Dataset records
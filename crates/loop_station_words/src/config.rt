// The configuration file, which says which cameras there are. docs/station.md says why it is so.
ghost use Rattle.std.specs.Prelude.{◌≡◌, ◌≤◌, ◌∷◌, ◌++◌, [], IfOk, IsTrue, OnOk, codes, length, option_map, string_bytes, vec_len};
ghost use Rattle.std.specs.List.{list_any};
ghost use Rattle.std.specs.Str.{bytes_eq};
ghost use Rattle.toml.specs.Data.{array, get_member};
ghost use Rattle.toml.specs.View.{items_view, table_view, view};
ghost use Rattle.loop_station_words.specs.Config.{AreCameras, HasBuffers, IsConfig, SayCameras, SaysConfig, SaysOne, SaysSource, SaysText};
ghost use Rattle.loop_station_words.specs.Files.{share_file};
ghost use Rattle.loop_station_words.specs.Names.{is_name};

use crate::choices::{AnswersForm, LossesFrom, MemoryLimit, StoreSize, TimesFrom, WhenFull};
use crate::fault::{CameraFault, ConfigFault};
use crate::fields::{
    after_at, buffers_at, check_keys, form_at, losses_at, memory_at, number_at, path_at, room_at,
    shape_at, small_at, text_at, times_at, truth_at, value_at,
};
use crate::files::share_file;
use crate::key::unknown_key;
use crate::name::is_name;
use crate::rule::rule_at;
use crate::shape::FrameShape;
use std::alloc::{AllocError, Global};
use toml::{Table, Value};

/// The most cameras.
pub const MAX_CAMERAS: usize = 16;

// The keys of the file.
const KEYS: [&str; 8] = [
    "orders",
    "answers",
    "answers_form",
    "saves",
    "times",
    "events",
    "when_full",
    "camera",
];

/// What the file says.
#[derive(Drop)]
pub struct Config {
    /// The pipe or file that orders are read from; without one, they are read from the program's own input.
    pub orders: Option<String>,
    /// The file or pipe that also gets everything that is printed.
    pub answers: Option<String>,
    /// The form of what that file or pipe gets.
    pub answers_form: AnswersForm,
    /// The only folder in which orders may write files; without one, they may write anywhere.
    pub saves: Option<String>,
    /// Each line begins with the date and time of day.
    pub times: bool,
    /// Events are printed: what happens without an order.
    pub events: bool,
    /// What a camera does where every block is locked, unless it says so itself.
    pub when_full: Option<WhenFull>,
    /// The cameras, in their order.
    pub cameras: Vec<CameraConfig>,
}

/// What the file says of a camera.
#[derive(Drop)]
pub struct CameraConfig {
    /// Its name.
    pub name: String,
    /// Where its frames come from.
    pub source: Source,
    /// The file of its store; of several stores, their files have its path with a number.
    pub store: String,
    /// How much its stores hold, where they are created.
    pub room: StoreSize,
    /// How many seconds before the order `keep` locks.
    pub seconds: u32,
    /// How many seconds after the order `keep` locks, 3600 at most.
    pub after: u32,
    /// The tag that `keep` gives.
    pub tag: u64,
    /// How many buffers its frames come through, 4 to 32.
    pub buffers: u32,
    /// How much memory its source's frames may take while the disk is slow, if that is said.
    pub memory: Option<MemoryLimit>,
    /// The folder that each of its kept clips is saved to by itself.
    pub save_to: Option<String>,
    /// A clip that was saved there is released.
    pub release: bool,
    /// Where the times of its frames come from.
    pub times_from: TimesFrom,
    /// How it is known which frames its source lost.
    pub losses: LossesFrom,
    /// What is done where every block is locked, if that is said.
    pub when_full: Option<WhenFull>,
}

/// Where a camera's frames come from.
#[derive(Drop)]
pub enum Source {
    /// The pattern, of this shape.
    Pattern(FrameShape),
    /// The YUV4MPEG2 file or pipe of this path.
    Path(String),
}

/// Reads the text of a configuration file, which is TOML. Returns the first fault alone where there is one.
pub fn read_config(alloc: Global, text: &str) -> Result<Config, ConfigFault>
    ensures good { IfOk result IsConfig }
    ensures says { IfOk result (SaysText text.now) }
{
    match toml::table_from_str(alloc, text) {
        Ok(table) => config_of(alloc, &table),
        Err(fault) => match fault.span() {
            None => Err(ConfigFault::NoMemory),
            Some(span) => Err(ConfigFault::BadToml(line_at(text, span.start))),
        },
    }
}

// The number, from 1, of the line that has the byte at this offset.
fn line_at(text: &str, at: usize) -> u64 {
    let mut line: u64 = 1;
    for (i, byte) in text.bytes().enumerate() {
        if i < at && byte == b'\n' {
            line = line.saturating_add(1);
        }
    }
    line
}

// The configuration that a table says.
fn config_of(alloc: Global, table: &Table) -> Result<Config, ConfigFault>
    ensures good { IfOk result IsConfig }
    ensures says { IfOk result (SaysConfig (table_view table.now)) }
{
    if let Some(key) = unknown_key(alloc, table, &KEYS)? {
        return Err(ConfigFault::UnknownKey(key));
    }
    let cameras = cameras_of(alloc, camera_tables(table)?)?;
    let orders = path_at(table, "orders").ok_or(ConfigFault::BadOrders)?;
    let answers = path_at(table, "answers").ok_or(ConfigFault::BadAnswers)?;
    let saves = path_at(table, "saves").ok_or(ConfigFault::BadSaves)?;
    if orders.is_some() && orders == answers {
        return Err(ConfigFault::SamePath);
    }
    Ok(Config {
        orders: copied(alloc, orders)?,
        answers: copied(alloc, answers)?,
        answers_form: form_at(table).ok_or(ConfigFault::BadAnswersForm)?,
        saves: copied(alloc, saves)?,
        times: truth_at(table, "times", true).ok_or(ConfigFault::BadTimes)?,
        events: truth_at(table, "events", true).ok_or(ConfigFault::BadEvents)?,
        when_full: rule_at(table).ok_or(ConfigFault::BadWhenFull)?,
        cameras,
    })
}

// The tables of the cameras, 1 to 16.
fn camera_tables(table: &Table) -> Result<&[Value], ConfigFault>
    ensures count { IfOk result (λ tables. (1 ≤ length tables.now) × (length tables.now ≤ 16)) }
    ensures tables { IfOk result (λ tables.
        get_member (codes "camera") (table_view table.now) ≡ Some (array (items_view tables.now))) }
{
    let tables = match value_at(table, "camera") {
        None => return Err(ConfigFault::NoCameras),
        Some(Value::Array(tables)) => tables.as_slice(),
        Some(_) => return Err(ConfigFault::BadCameras),
    };
    if tables.is_empty() {
        return Err(ConfigFault::NoCameras);
    }
    if tables.len() > MAX_CAMERAS {
        return Err(ConfigFault::TooMany);
    }
    Ok(tables)
}

// A copy of a text, if there is one.
fn copied(alloc: Global, text: Option<&str>) -> Result<Option<String>, AllocError>
    ensures { IfOk result (λ copy. option_map string_bytes copy ≡ option_map (λ t. t.now) text.entry) }
{
    match text {
        Some(text) => Ok(Some(String::from_str(alloc, text)?)),
        None => Ok(None),
    }
}

// The cameras that an array's tables describe.
fn cameras_of(alloc: Global, tables: &[Value]) -> Result<Vec<CameraConfig>, ConfigFault>
    ensures cameras { IfOk result (λ cameras. AreCameras cameras.items) }
    ensures count { IfOk result (λ cameras. vec_len cameras ≡ length tables.now) }
    ensures says { IfOk result (λ cameras. SayCameras (items_view tables.now) cameras.items) }
{
    let mut cameras = Vec::new(alloc);
    for (i, table) in tables.iter().enumerate() {
        match camera_of(alloc, table) {
            Err(CameraFault::NoMemory) => return Err(ConfigFault::NoMemory),
            Err(fault) => return Err(ConfigFault::Camera(i + 1, fault)),
            Ok(camera) => add_camera(&mut cameras, i + 1, camera)?,
        }
    }
    Ok(cameras)
}

// Adds a camera after the others, none of which may have its name or its store.
fn add_camera(
    cameras: &mut Vec<CameraConfig>,
    place: usize,
    camera: CameraConfig,
) -> Result<(), ConfigFault>
    requires cameras { AreCameras cameras.old.items }
    requires name { IsTrue (is_name (string_bytes camera.name)) }
    requires buffers { HasBuffers camera.buffers }
    ensures cameras { OnOk result (AreCameras cameras.new.items) }
    ensures pushed { OnOk result (cameras.new.items ≡ cameras.old.items ++ camera ∷ []) }
{
    if has_name(cameras, camera.name.as_str()) {
        return Err(ConfigFault::Camera(place, CameraFault::SameName));
    }
    if has_store(cameras, camera.store.as_str()) {
        return Err(ConfigFault::Camera(place, CameraFault::SameStore));
    }
    cameras.push(camera)?;
    Ok(())
}

// Whether a camera has this name.
fn has_name(cameras: &[CameraConfig], name: &str) -> bool
    ensures { result ≡ list_any (λ c. bytes_eq (string_bytes c.name) name.now) cameras.now }
{
    cameras.iter().any(|camera| camera.name.as_str() == name)
}

// Whether a camera could have a file of this store.
fn has_store(cameras: &[CameraConfig], store: &str) -> bool
    ensures { result ≡ list_any (λ c. share_file (string_bytes c.store) store.now) cameras.now }
{
    cameras
        .iter()
        .any(|camera| share_file(camera.store.as_str(), store))
}

// What a table says of a camera.
fn camera_of(alloc: Global, table: &Value) -> Result<CameraConfig, CameraFault>
    ensures name { IfOk result (λ camera. IsTrue (is_name (string_bytes camera.name))) }
    ensures buffers { IfOk result (λ camera. HasBuffers camera.buffers) }
    ensures says { IfOk result (SaysOne (view table.now)) }
{
    let table = match table {
        Value::Table(table) => table,
        _ => return Err(CameraFault::NoTable),
    };
    check_keys(alloc, table)?;
    let name = match text_at(table, "name") {
        Some(name) if is_name(name) => name,
        _ => return Err(CameraFault::BadName),
    };
    let store = text_at(table, "store").ok_or(CameraFault::BadStore)?;
    let save_to = path_at(table, "save_to").ok_or(CameraFault::BadSaveTo)?;
    let release = truth_at(table, "release", false).ok_or(CameraFault::BadRelease)?;
    if release && save_to.is_none() {
        return Err(CameraFault::NoSaveTo);
    }
    Ok(CameraConfig {
        name: String::from_str(alloc, name)?,
        source: source_of(alloc, table)?,
        store: String::from_str(alloc, store)?,
        room: room_at(table)?,
        seconds: small_at(table, "keep", 60).ok_or(CameraFault::BadSeconds)?,
        after: after_at(table).ok_or(CameraFault::BadAfter)?,
        tag: number_at(table, "tag", 0, u64::MAX).ok_or(CameraFault::BadTag)?,
        buffers: buffers_at(table).ok_or(CameraFault::BadBuffers)?,
        memory: memory_at(table).ok_or(CameraFault::BadMemory)?,
        save_to: copied(alloc, save_to)?,
        release,
        times_from: times_at(table).ok_or(CameraFault::BadTimesFrom)?,
        losses: losses_at(table).ok_or(CameraFault::BadLosses)?,
        when_full: rule_at(table).ok_or(CameraFault::BadWhenFull)?,
    })
}

// Where a camera's frames come from: the pattern of a shape, or a path.
fn source_of(alloc: Global, table: &Table) -> Result<Source, CameraFault>
    ensures { IfOk result (SaysSource (table_view table.now)) }
{
    let path = text_at(table, "source").ok_or(CameraFault::BadSource)?;
    match shape_at(table, path)? {
        Some(shape) => Ok(Source::Pattern(shape)),
        None => Ok(Source::Path(String::from_str(alloc, path)?)),
    }
}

Description of the task
In which lines of the records does the word "SaysConfig" appear? Copy each of them.

Solution to this problem
ghost use Rattle.loop_station_words.specs.Config.{AreCameras, HasBuffers, IsConfig, SayCameras, SaysConfig, SaysOne, SaysSource, SaysText};
    ensures says { IfOk result (SaysConfig (table_view table.now)) }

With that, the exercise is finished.